Seminars at the Franklin: Bartek Papiez
The Rosalind Franklin Institute is welcoming Bartek Papiez on Thursday 14 November from 10:30.
To watch the seminar online, please sign up via the link below.
RAL site pass holders are welcome to attend in person in the Franklin’s first floor Hub. To join in person, please arrive in the R113 Franklin foyer at least 5 minutes before the start of the seminar and a member of the team will let you into the building.
Title:
Beyond Beautiful Images: AI and Multimodal Data in Healthcare
Abstract:
In recent years, artificial intelligence (AI) has evolved from generating stunning artwork and immersive virtual realities to becoming a transformative force in healthcare, particularly in disease detection and monitoring.

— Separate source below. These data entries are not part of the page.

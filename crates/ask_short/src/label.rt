// Labels without the escapes: a code says its label by the fields, or by the gap and what is expected.
ghost use Rattle.std.specs.Prelude.{◌≡◌};
ghost use Rattle.rules.specs.Types.{label_of_says};
ghost use Rattle.labels.specs.Reading.{read_says};
ghost use Rattle.ask_short.specs.Lean.{plain_back, lean_in, label_found};

use super::Lean;
use labels::{Codes, Unread};
use rules::{Label, ReadError};

// The label of a code that is not escaped, where an element would have the index `next` at least.
pub fn read_code(code: u16, next: u32, fields: &[u32]) -> Result<Label, Unread>
    ensures { read_says result ≡ plain_back fields.now next code }
{
    let none: [u64; 0] = [0; 0];
    labels::read::read_code(code, 0, next, fields, &none, &fields[..0])
}

impl<'a> Lean<'a> {
    // The exact label of an object's first edge to a target.
    pub fn label_of(self, object: usize, target: u32) -> Result<Option<Label>, ReadError>
        ensures { label_of_says result ≡ label_found (lean_in self.entry) object target }
    {
        let at = self.span(object)?;
        let count = at.end - at.start;
        let edge = ask_label::first_to(self.targets, at.start, count, target);
        if count <= edge {
            return Ok(None);
        }
        let plain = Codes {
            codes: self.codes,
            fields: self.fields,
            escape_at: &self.bases[..0],
            escape_label: &self.fields[..0],
        };
        let label = ask_late::exact(plain, at.start, edge);
        ask_label::target_answer(label, object)
    }
}
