// The types that all crates name: labels, kinds, the policy, refusals and answers. specs/Types.antt gives document 01's number and values for each.
#![tactic(auto)]

ghost use Rattle.std.specs.Prelude.{◌≡◌};
ghost use Rattle.store_read.specs.Back.{read_error_says};
ghost use Rattle.rules.specs.Types.{loader_label, element_label, is_element, keeps, list_error_says};

pub use store_read::ReadError;

// A field's label is its name; the loader and the elements come behind all names.
#[derive(Clone, Copy)]
pub struct Label(pub u32);

impl Label {
    pub const LOADER: u32 = 2147483647;

    pub const ARRAY_ELEMENT: u32 = 2147483648;

    pub fn field(name: u32) -> Label
        ensures { result.0 ≡ name }
    {
        Label(name)
    }

    pub fn loader() -> Label
        ensures { result.0 ≡ loader_label }
    {
        Label(Label::LOADER)
    }

    // An index has 31 bits.
    pub fn element(index: u32) -> Label
        ensures { result.0 ≡ element_label index }
    {
        Label(Label::ARRAY_ELEMENT + index % Label::ARRAY_ELEMENT)
    }

    pub fn is_element(self) -> bool
        ensures { result ≡ is_element self.0 }
    {
        self.0 >= Label::ARRAY_ELEMENT
    }
}

// The kinds of objects. A column holds them as these numbers, in this order from 0.
#[derive(Clone, Copy)]
pub enum Kind {
    Instance,
    ObjectArray,
    PrimitiveArray,
    Class,
}

// The reference kinds of classes, likewise.
#[derive(Clone, Copy)]
pub enum RefKind {
    None,
    Soft,
    Weak,
    Phantom,
    Final,
}

// Which referents count as strongly held.
#[derive(Clone, Copy)]
pub struct ReferencePolicy {
    pub soft: bool,
    pub weak: bool,
}

impl ReferencePolicy {
    pub fn keeps(self, kind: u8) -> bool
        ensures { result ≡ keeps self kind }
    {
        if kind == RefKind::Soft as u8 {
            self.soft
        } else {
            self.weak
        }
    }
}

// One case for each refusal number, with its place. The checks answer the places of an input that may be built, or this; a build its counts, or this.
#[derive(Clone, Copy)]
pub enum Refusal {
    Lengths,
    Limit,
    Object(usize),
    Class(usize),
    Copied(usize),
    Span(usize),
    Root(usize),
    Places,
    Room(usize),
    Parts { column: usize, position: usize },
    Index(usize),
    Columns(usize),
}

// The used lengths that a build returns, and how many ids no object has.
#[derive(Clone, Copy)]
pub struct Counts {
    pub edges: usize,
    pub weak: usize,
    pub roots: usize,
    pub long: usize,
    pub fields: usize,
    pub escapes: usize,
    pub dangling: u64,
}

// Where the edges of an object sit in the target column, or its pairs among the weak pairs.
#[derive(Clone, Copy)]
pub struct Span {
    pub start: usize,
    pub end: usize,
}

// What a question refuses that writes into lists lent: too little room, or what reading the columns back refuses.
#[derive(Clone, Copy)]
pub enum ListError {
    Room(usize),
    Index(usize),
    Columns(usize),
}

impl From<ReadError> for ListError {
    ghost from_gives = { λ e l. list_error_says l ≡ read_error_says e };

    fn from(e: ReadError) -> ListError {
        match e {
            ReadError::Index(i) => ListError::Index(i),
            ReadError::Columns(o) => ListError::Columns(o),
        }
    }
}

// How many entries and long rows there are after inverting.
#[derive(Clone, Copy)]
pub struct Inverse {
    pub entries: usize,
    pub long: usize,
}

#[derive(Clone, Copy)]
pub enum InvertError {
    Room(usize),
    Columns(usize),
}

// An entry of an object: the object that refers to it, and the place of the edge in the target column.
#[derive(Clone, Copy)]
pub struct Entry {
    pub source: u32,
    pub place: u32,
}
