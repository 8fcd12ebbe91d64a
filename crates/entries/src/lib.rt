// What the places of a board's tables hold, and where to find it: documents, held revisions, contents of heads, and logs
// by key.
#![tactic(auto)]

ghost use Rattle.std.specs.Prelude.{◌≡◌, ◌<◌, ◌≤◌, Bool, length, take, IfSome, Decides};
ghost use Rattle.octets.specs.Packed.{unpacked};
ghost use Rattle.order.specs.Lists.{same};
ghost use Rattle.revision.specs.Values.{mark_number};
ghost use Rattle.keys.specs.Values.{key_of};
ghost use Rattle.entries.specs.Searches.{place};
ghost use Rattle.entries.specs.Entries.{content_of, content, is_revision, is_document, is_log};

use checkpoint::Log;
use keys::Key;
use octets::Packed;
use revision::{DocumentId, Mark, Revision};

// How many bytes a body may have.
pub const BODY: usize = 96;

// A document with its last change number.
#[derive(Clone, Copy)]
pub struct Document {
    pub id: DocumentId,
    pub last: u32,
}

// A revision that is held: its tag and its parent's, its document's place, and, if it is a head, the slot of its
// content. The wide fields stand first.
// Kept: in fixed memory an entry takes 24 bytes: documents and contents go by their places, a first revision has parent 0, and a `Revision` inside would add 8.
#[derive(Clone, Copy)]
pub struct HeldRevision {
    pub tag: u64,
    pub parent: u64,
    pub document: u8,
    pub generation: u8,
    pub slot: Option<u8>,
}

impl HeldRevision {
    // The revision that is held.
    pub fn revision(&self) -> Revision
        ensures { result ≡ record { generation = self.now.generation; tag = self.now.tag } }
    {
        Revision {
            generation: self.generation,
            tag: self.tag,
        }
    }
}

// What a head keeps: its mark, and as many bytes of the body as the length says.
// Kept: in fixed memory a content takes 98 bytes; with the kit's `arrayvec`, whose length takes 8, it would take 112.
#[derive(Clone, Copy)]
pub struct Content {
    pub mark: Mark,
    pub length: u8,
    pub body: [u8; BODY],
}

impl Content {
    // A content of a mark and a body, of which the first 96 bytes are kept.
    pub fn new(mark: Mark, body: &[u8]) -> Content
        ensures is { content_of result ≡ content (mark_number mark) (take 96 body.now) }
        ensures short { result.length ≤ 96 }
    {
        let length = BODY.min(body.len());
        let mut all = [0; BODY];
        all[..length].copy_from_slice(&body[..length]);
        Content {
            mark,
            length: length as u8,
            body: all,
        }
    }

    // The body that is kept.
    pub fn bytes(&self) -> &[u8]
        ensures body { result.now ≡ (content_of self.now).body }
        ensures short { length result.now ≤ 96 }
    {
        &self.body[..(self.length as usize).min(BODY)]
    }

    // Whether this mark and body are kept.
    pub fn keeps(&self, mark: Mark, body: &[u8]) -> bool
        ensures { Decides result (content_of self.now ≡ content (mark_number mark) body.now) }
    {
        self.mark == mark && self.bytes() == body
    }
}

// The log of a key.
#[derive(Clone, Copy)]
pub struct KeyedLog {
    pub key: Key,
    pub log: Log,
}

// A revision of the document at a place.
#[derive(Clone, Copy)]
pub struct RevisionOf {
    pub document: u8,
    pub revision: Revision,
}

// What an entry is found by.
pub trait Finds<E> {
    // whether an entry is the one
    ghost finds: { Self → E → Bool };

    // Whether an entry is the one.
    fn is_of(&self, entry: &E) -> bool
        ensures { result ≡ finds self.now entry.now };
}

// Whether two packed byte strings are the same.
// Kept: the numbers of equal strings may differ behind their bytes, so a derived `==` of them would answer no.
fn same_bytes(a: Packed, b: Packed) -> bool
    ensures { result ≡ same (unpacked a) (unpacked b) }
{
    let ours = a.bytes();
    let theirs = b.bytes();
    a.cut(&ours) == b.cut(&theirs)
}

// A document is found by its id.
impl Finds<Document> for DocumentId {
    ghost finds = { λ id. is_document (unpacked id.bytes) };

    fn is_of(&self, entry: &Document) -> bool {
        same_bytes(entry.id.bytes, self.bytes)
    }
}

// A revision is found by its document's place, its generation and its tag. The generation is compared first, since in
// tables that path writes made there are no more entries of one generation than heads.
impl Finds<HeldRevision> for RevisionOf {
    ghost finds = { λ k. is_revision k.document k.revision.generation k.revision.tag };

    fn is_of(&self, entry: &HeldRevision) -> bool {
        entry.generation == self.revision.generation
            && entry.document == self.document
            && entry.tag == self.revision.tag
    }
}

// A log is found by its key.
impl Finds<KeyedLog> for Key {
    ghost finds = { λ k. is_log (key_of k) };

    fn is_of(&self, entry: &KeyedLog) -> bool {
        entry.key.source == self.source
            && entry.key.target == self.target
            && same_bytes(entry.key.rule.prefix, self.rule.prefix)
    }
}

// The place of the entry that a key finds.
pub fn place_in<E, K: Finds<E>>(entries: &[E], key: &K) -> Option<usize>
    ensures value { result ≡ place (K.finds key.now) 0 entries.now }
    ensures within { IfSome result (λ i. i < length entries.now) }
{
    entries.iter().position(|e| key.is_of(e))
}
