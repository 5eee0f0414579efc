//! The steps of which the calls of a filter are made.
#![tactic(auto)]

mod ask_steps;
mod changes;
mod look_ups;
mod needs;
mod previews;
mod rooms;
mod steps;
mod views;

pub use ask_steps::{hang_up, look, look_at, settle, settle_by, tell};
pub use changes::{change_all, change_copied, make_changes, refuse_room};
pub use look_ups::{find_at, find_below_root, find_place};
pub use needs::Need;
pub use previews::look_after;
pub use rooms::Room;
pub use steps::Steps;
pub use views::{base_of, no_view, view_of};
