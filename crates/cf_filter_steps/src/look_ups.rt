//! Where a path leads.

ghost use Rattle.cf_model.specs.Calls.{below_at, place_at};
ghost use Rattle.cf_model.specs.Waits.{at_path};
ghost use Rattle.cf_filter_steps.specs.Finding.{Finds, FindsBelow, FindsPlace};

use crate::steps::Steps;
use cf_base::{CallError, Code, ItemId, Name};
use cf_tree::{find, find_below, find_parent};

/// The item at a path.
pub fn find_at<S: Steps>(s: &S, path: &str) -> Result<ItemId, Code>
    ensures { Finds S.sense (at_path path.now) s.now result }
{
    find(s.rows(), path)
}

/// The item at a path that is not the root's.
pub fn find_below_root<S: Steps>(s: &S, path: &str) -> Result<ItemId, Code>
    ensures { FindsBelow S.sense (below_at path.now) s.now result }
{
    find_below(s.rows(), path)
}

/// The directory and the name of a path at which something is made, or to which it moves.
pub fn find_place<S: Steps>(s: &S, path: &str) -> Result<(ItemId, Name), CallError>
    ensures { FindsPlace S.sense (place_at path.now) s.now result }
{
    find_parent(s.alloc(), s.rows(), path)
}
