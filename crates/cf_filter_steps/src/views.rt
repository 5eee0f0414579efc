//! What the ask rule sees of an item.

ghost use Rattle.std.specs.Prelude.{[], ◌≡◌, ◌≤◌, ◌^◌, ◌||◌, unwrap_or};
ghost use Rattle.cf_ask_rule.specs.Sights.{shown};
ghost use Rattle.cf_model.specs.Items.{Item};
ghost use Rattle.cf_model.specs.Missing.{is_whole, view_of};
ghost use Rattle.cf_model.specs.Settling.{no_view};
ghost use Rattle.cf_filter_steps.specs.Good.{IsSmall};
ghost use Rattle.cf_table.specs.Means.{Means};

use cf_ask_rule::View;
use cf_base::{Hydration, Policy};
use cf_ranges::RangeSet;
use cf_table::Row;

/// The greatest file, in bytes.
const MOST_BYTES: u64 = 16_777_216;

/// The base length of a row's item, in bytes. A base of none counts as length 0.
pub fn base_of(row: &Row) -> u64
    ensures { result ≡ unwrap_or row.now.base 0 }
{
    match row.base {
        Some(len) => len as u64,
        None => 0,
    }
}

// Whether a read needs the whole file by this policy.
fn is_whole(hydration: Hydration) -> bool
    ensures { result ≡ is_whole hydration }
{
    match hydration {
        Hydration::Partial => false,
        Hydration::Progressive => false,
        Hydration::Full => true,
        Hydration::AlwaysFull => true,
    }
}

// Whether each read of the file needs all of it.
fn needs_all(hydration: Hydration, row: &Row) -> bool
    ensures { result ≡ (is_whole hydration || row.now.keep) }
{
    is_whole(hydration) || row.keep
}

/// What the ask rule sees of an item that is gone, of whose bytes none are here.
pub fn no_view<'a>(none: &'a RangeSet) -> View<'a>
    requires { none.now ≡ [] }
    ensures size { result.size ≤ 2 ^ 24 }
    ensures base { result.base ≤ 2 ^ 24 }
    ensures shows { shown result ≡ no_view }
{
    View {
        here: none,
        valid: none,
        modified: none,
        size: 0,
        base: 0,
        validate: false,
        full: false,
        populated: false,
    }
}

/// What the ask rule sees of an item as this row says it, under a policy.
pub fn view_of<'a>(row: &'a Row, policy: Policy) -> View<'a>
    ensures size { result.size ≤ 2 ^ 24 }
    ensures base { result.base ≤ 2 ^ 24 }
    ensures shows { (i : Item) → Means row.now i → IsSmall i → shown result ≡ view_of policy i }
{
    View {
        here: &row.here,
        valid: &row.valid,
        modified: &row.modified,
        // No file is larger, nor was one.
        size: (row.size as u64).min(MOST_BYTES),
        base: base_of(row).min(MOST_BYTES),
        validate: policy.validate,
        full: needs_all(policy.hydration, row),
        populated: row.populated,
    }
}
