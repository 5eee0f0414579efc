//! What a call needs.

use cf_base::{Handle, ItemId, Span, WaitKind};

/// What a call needs of an item, and how it waits where that is missing. Spans are in bytes.
#[derive(Clone, Copy)]
pub struct Need {
    pub kind: WaitKind,
    pub item: ItemId,
    /// The handle whose close ends the wait.
    pub handle: Option<Handle>,
    /// Of a read what is read, of a dehydration the range; else empty.
    pub span: Span,
    /// Whether the rest of the file is wanted too.
    pub background: bool,
}
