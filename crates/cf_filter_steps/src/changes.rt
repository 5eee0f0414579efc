//! Changes that a call makes, one after the other.

ghost use Rattle.std.specs.Prelude.{◌≡◌, IfOk, OnOk, [], ◌∷◌};
ghost use Rattle.cf_base.specs.declared.codes.Code.TheVariants as code;
ghost use Rattle.cf_model.specs.Changes.{change as one_change, changes as all_changes};
ghost use Rattle.cf_model.specs.Words.{first_of};
ghost use Rattle.cf_filter_steps.specs.Answering.{Answers, Reads};
ghost use Rattle.cf_filter_steps.specs.Making.{Made};
ghost use Rattle.cf_filter_steps.specs.Readings.{room_refusal};
ghost use Rattle.cf_filter_steps.specs.Suiting.{Ready, ReadyAll, Suiting};

use crate::rooms::Room;
use crate::steps::Steps;
use cf_base::{CallError, Change, Code, OutOfMemory};

/// Makes a change that suits and finds room, from a copy of it, and tells it.
pub fn change_copied<S: Steps>(s: &mut S, change: &Change) -> Result<(), CallError>
    ensures does { Answers S.sense (Ready change.now) (one_change change.now) s.old result s.new }
    ensures same { OnOk result (S.waiting s.new ≡ S.waiting s.old) }
{
    let change = change.copy()?;
    s.change(change)
}

/// Makes changes that suit and find room, each in turn.
pub fn make_changes<S: Steps>(s: &mut S, changes: &[Change]) -> Result<(), CallError>
    ensures { Answers S.sense (ReadyAll changes.now) (all_changes changes.now) s.old result s.new }
{
    for change in changes {
        change_copied(s, change)?;
    }
    Ok(())
}

/// Why changes that suit find no room, in order: Exhausted, TableFull, Full.
pub fn refuse_room<S: Steps>(s: &S, changes: &[Change]) -> Result<Option<Code>, OutOfMemory>
    ensures { IfOk result (λ why. Reads S.sense (Suiting changes.now) (room_refusal changes.now) s.now why) }
{
    let room = s.room(changes)?;
    Ok(first_refusal(room))
}

fn first_refusal(room: Room) -> Option<Code>
    ensures { result ≡ first_of ((room.no_numbers, code.Exhausted) ∷ (room.no_table, code.TableFull) ∷ (room.no_blocks, code.Full) ∷ []) }
{
    if room.no_numbers {
        return Some(Code::Exhausted);
    }
    if room.no_table {
        return Some(Code::TableFull);
    }
    if room.no_blocks {
        return Some(Code::Full);
    }
    None
}

/// Makes changes that suit, or tells why they find no room: Exhausted, TableFull, Full. Then it makes none.
pub fn change_all<S: Steps>(s: &mut S, changes: &[Change]) -> Result<Option<Code>, CallError>
    ensures { Made S.sense changes.now s.old result s.new }
{
    if let Some(code) = refuse_room(s, changes)? {
        return Ok(Some(code));
    }
    make_changes(s, changes)?;
    Ok(None)
}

While AI’s ability to create visually appealing images often takes centre stage, its true potential lies in diagnosing, predicting, and assessing diseases – transforming how we approach healthcare.
In this talk, I will present several examples of AI-driven multimodal data analysis in healthcare, with a focus on its application in the assessment of spinal diseases and cardiopulmonary conditions. Additionally, I will demonstrate how AI, when integrated with diverse data sources, is driving new discoveries, including the creation of the first digital atlas of foetal brain development. These examples illustrate AI’s power to analyse complex datasets and uncover new insights into human health.
Biography:
At the Big Data Institute, Bartek has established an independent research group the focuses on medical imaging and machine learning. His work focusses on new, multidisciplinary research projects that integrate imaging and non-imaging modalities, driving the development of innovative image analysis and machine leaning algorithms.
Notably, his research projects encompass both the theoretical foundations of AI/ML algorithms (such as image quality, image segmentation, or image registration), and applied AI/ML for longitudinal disease monitoring (using imaging, patient records, and Natural Language Processing), identification of disease therapeutic targets (using imaging and genetic data integration), and more recently, multimodal cancer imaging and radiogenomics.